[Work required] Look in the data below for the line that contains "pub(crate) fn write<B: Bus>(self, bus: &mut". Copy that line and the remaining lines exactly.

--

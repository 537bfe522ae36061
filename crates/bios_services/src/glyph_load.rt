//! Function 11: loading glyphs of text, which also sets the height of characters.
ghost use Rattle.std.specs.Prelude.{◌≡◌, ◌<◌, ◌≤◌, ◌+◌, IfErr, length};
ghost use Rattle.bios_modes.specs.Fonts.{glyph_row};
ghost use Rattle.bios_services.specs.Bounds.{ports_bound};
ghost use Rattle.bios_services.specs.Plan.{run};
ghost use Rattle.bios_services.specs.ModeSet.{write_font_plan, write_glyph_plan, write_glyphs_plan};
ghost use Rattle.bios_services.specs.CallReasons.{refusal_of_outcome, ExplainsLoadBesidesBlock};
ghost use Rattle.bios_services.specs.CallReasons.{ExplainsLoadBesidesHeight};
ghost use Rattle.bios_services.specs.GlyphLoads.{AreGlyphsThere, whole_font, glyph_load_of};
ghost use Rattle.bios_services.specs.GlyphLoads.{glyphs_block_len, load_refusal_besides_block, load_refusal};
ghost use Rattle.bios_services.specs.GlyphLoads.{loaded_line, load_plan};

use crate::call_reason::CallReason;
use crate::cells::GRAPHICS_BASE;
use crate::cursor::write_crtc_word;
use crate::cycles::{put, write_graphics, write_indexed, write_sequencer};
use crate::glyphs::glyph_line;
use crate::reasons::{refuse_or_wrong_block, refuse_unless};
use crate::regs::{Regs, high, low};
use crate::video_registers::{
    ALL_ADDRESSES, BYTE_ACCESS, BYTE_ACCESS_ODD_AND_EVEN, CURSOR_ADDRESS, CURSOR_START,
    GLYPH_PLANE, GRAPHICS_MODE, MAP_MASK, MAXIMUM_SCAN_LINE, MEMORY_MODE, MISCELLANEOUS,
    ODD_AND_EVEN_ADDRESSES, START_ADDRESS, TEXT_PLANES, UNDERLINE_LOCATION, VERTICAL_DISPLAY_END,
    WINDOW_AT_A0000,
};
use bios_modes::{Fonts, ModeRow, is_text};
use vga_card::Bus;

/// Which glyphs a call loads, and the height of characters that it sets.
#[derive(Clone, Copy)]
pub struct GlyphLoad {
    /// How many scan lines a character has.
    pub height: u8,
    /// The first character.
    pub first: u16,
    /// How many characters.
    pub count: u16,
    /// Whether the glyphs come from the block. Else they come from a font.
    pub is_block: bool,
}

impl GlyphLoad {
    /// All characters of the font of this height.
    fn whole_font(height: u8) -> GlyphLoad
        ensures { result ≡ whole_font height }
    {
        GlyphLoad {
            height,
            first: 0,
            count: 256,
            is_block: false,
        }
    }

    /// The load that a call asks for, if it does.
    pub(crate) fn of_registers(regs: Regs) -> Option<GlyphLoad>
        ensures { result ≡ glyph_load_of regs }
    {
        if high(regs.ax) != 0x11 || low(regs.bx) != 0x00 {
            return None;
        }
        match low(regs.ax) {
            0x10 => Some(GlyphLoad {
                height: high(regs.bx),
                first: regs.dx,
                count: regs.cx,
                is_block: true,
            }),
            0x11 => Some(GlyphLoad::whole_font(14)),
            0x12 => Some(GlyphLoad::whole_font(8)),
            0x14 => Some(GlyphLoad::whole_font(16)),
            _ => None,
        }
    }

    /// How many bytes the block of a load has, if it reads one.
    pub(crate) fn block(self) -> Option<usize>
        ensures { result ≡ glyphs_block_len self }
    {
        if self.is_block {
            Some(self.height as usize * self.count as usize)
        } else {
            None
        }
    }

    /// Refuses the glyphs in a mode, whatever their block, for the first of the reasons.
    fn refusal_besides_block(self, mode: u8) -> Result<(), CallReason>
        ensures refusal { refusal_of_outcome result ≡ load_refusal_besides_block self mode }
        ensures reason { IfErr result (ExplainsLoadBesidesBlock self mode) }
    {
        refuse_unless(is_text(mode), CallReason::NoCharacterMap { mode })?;
        let Self { count, first, .. } = self;
        refuse_unless(
            first as u32 + count as u32 <= 256,
            CallReason::GlyphsPast { count, first },
        )
    }

    /// Refuses the glyphs in a mode, with a block of this length, for the first of the reasons.
    pub(crate) fn refusal(self, mode: u8, len: usize) -> Result<(), CallReason>
        ensures refusal { refusal_of_outcome result ≡ load_refusal self mode len }
        ensures reason { IfErr result (ExplainsLoadBesidesHeight self mode len) }
    {
        refuse_or_wrong_block(self.refusal_besides_block(mode), self.block(), len)
    }

    /// Scan line r of character c.
    fn line(self, fonts: &Fonts, block: &[u8], c: u16, r: u8) -> u8
        requires there { AreGlyphsThere self (length block.now) }
        requires line { r < self.height }
        requires first { self.first ≤ c }
        requires last { c < self.first + self.count }
        ensures { result ≡ loaded_line fonts.now self block.now c r }
    {
        if self.is_block {
            return block[self.height as usize * (c - self.first) as usize + r as usize];
        }
        glyph_line(fonts, self.height as u32, c as u8, r as u32)
    }

    /// Writes the lines of a character to plane 2.
    #[tactic(auto, using(crate::proofs::PlanRuns::run_bind), unfolding(crate::specs::ModeSet::write_glyph_plan))]
    fn write_glyph<B: Bus>(self, bus: &mut B, fonts: &Fonts, block: &[u8], c: u16)
        requires there { AreGlyphsThere self (length block.now) }
        requires first { self.first ≤ c }
        requires last { c < self.first + self.count }
        ensures { bus.new ≡ (run B.meaning (write_glyph_plan (loaded_line fonts.now self block.now)
            self.height c) bus.old).0 }
    {
        for r in 0..self.height {
            put(
                bus,
                GRAPHICS_BASE + 32 * c as u32 + r as u32,
                self.line(fonts, block, c, r),
            );
        }
    }

    /// Writes the lines of all characters.
    #[tactic(auto, using(crate::proofs::PlanRuns::run_bind), unfolding(crate::specs::ModeSet::write_glyphs_plan))]
    fn write_glyphs<B: Bus>(self, bus: &mut B, fonts: &Fonts, block: &[u8])
        requires { AreGlyphsThere self (length block.now) }
        ensures { bus.new ≡ (run B.meaning (write_glyphs_plan (loaded_line fonts.now self block.now)
            self.height self.count self.first) bus.old).0 }
    {
        for c in self.first..self.first + self.count {
            self.write_glyph(bus, fonts, block, c);
        }
    }

    /// Writes the glyphs to plane 2, which is alone at A0000 meanwhile. Then text is there again,
    /// in the window that this value of graphics register 6 selects.
    #[tactic(auto, using(crate::proofs::PlanRuns::run_bind), unfolding(crate::specs::ModeSet::write_font_plan))]
    fn write_font<B: Bus>(self, bus: &mut B, fonts: &Fonts, block: &[u8], window: u8)
        requires { AreGlyphsThere self (length block.now) }
        ensures { bus.new ≡ (run B.meaning (write_font_plan (loaded_line fonts.now self block.now)
            self.height self.count self.first window) bus.old).0 }
    {
        write_sequencer(bus, MAP_MASK, GLYPH_PLANE);
        write_sequencer(bus, MEMORY_MODE, ALL_ADDRESSES);
        write_graphics(bus, GRAPHICS_MODE, BYTE_ACCESS);
        write_graphics(bus, MISCELLANEOUS, WINDOW_AT_A0000);
        self.write_glyphs(bus, fonts, block);
        write_sequencer(bus, MAP_MASK, TEXT_PLANES);
        write_sequencer(bus, MEMORY_MODE, ODD_AND_EVEN_ADDRESSES);
        write_graphics(bus, GRAPHICS_MODE, BYTE_ACCESS_ODD_AND_EVEN);
        write_graphics(bus, MISCELLANEOUS, window);
    }

    /// Writes the font of 16 scan lines, for a mode set.
    pub(crate) fn write_font_of_16<B: Bus>(bus: &mut B, fonts: &Fonts, window: u8)
        ensures { bus.new ≡ (run B.meaning (write_font_plan (glyph_row 16 fonts.now.f16) 16 256 0
            window)
            bus.old).0 }
    {
        GlyphLoad::whole_font(16).write_font(bus, fonts, &[], window);
    }

    /// Writes the glyphs, gives the CRT controller the values of the row of their height, and shows
    /// page 0 with the cursor in its upper left corner.
    #[tactic(auto, using(crate::proofs::PlanRuns::run_bind), unfolding(crate::specs::GlyphLoads::load_plan))]
    pub(crate) fn write<B: Bus>(self, bus: &mut B, fonts: &Fonts, block: &[u8], row: &ModeRow)
        requires there { AreGlyphsThere self (length block.now) }
        requires port { row.now.crtc_address < ports_bound }
        ensures { bus.new ≡ (run B.meaning (load_plan fonts.now self block.now row.now) bus.old).0 }
    {
        let port = row.crtc_address;
        self.write_font(bus, fonts, block, row.graphics[MISCELLANEOUS as usize]);
        write_indexed(
            bus,
            port,
            MAXIMUM_SCAN_LINE,
            row.crtc[MAXIMUM_SCAN_LINE as usize],
        );
        write_crtc_word(bus, port, CURSOR_START, row.cursor_type);
        write_indexed(
            bus,
            port,
            VERTICAL_DISPLAY_END,
            row.crtc[VERTICAL_DISPLAY_END as usize],
        );
        write_indexed(
            bus,
            port,
            UNDERLINE_LOCATION,
            row.crtc[UNDERLINE_LOCATION as usize],
        );
        write_crtc_word(bus, port, START_ADDRESS, 0);
        write_crtc_word(bus, port, CURSOR_ADDRESS, 0);
    }
}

--

[Reply]
    pub(crate) fn write<B: Bus>(self, bus: &mut B, fonts: &Fonts, block: &[u8], row: &ModeRow)
        requires there { AreGlyphsThere self (length block.now) }
        requires port { row.now.crtc_address < ports_bound }
        ensures { bus.new ≡ (run B.meaning (load_plan fonts.now self block.now row.now) bus.old).0 }
    {
        let port = row.crtc_address;
        self.write_font(bus, fonts, block, row.graphics[MISCELLANEOUS as usize]);
        write_indexed(
            bus,
            port,
            MAXIMUM_SCAN_LINE,
            row.crtc[MAXIMUM_SCAN_LINE as usize],
        );
        write_crtc_word(bus, port, CURSOR_START, row.cursor_type);
        write_indexed(
            bus,
            port,
            VERTICAL_DISPLAY_END,
            row.crtc[VERTICAL_DISPLAY_END as usize],
        );
        write_indexed(
            bus,
            port,
            UNDERLINE_LOCATION,
            row.crtc[UNDERLINE_LOCATION as usize],
        );
        write_crtc_word(bus, port, START_ADDRESS, 0);
        write_crtc_word(bus, port, CURSOR_ADDRESS, 0);
    }
}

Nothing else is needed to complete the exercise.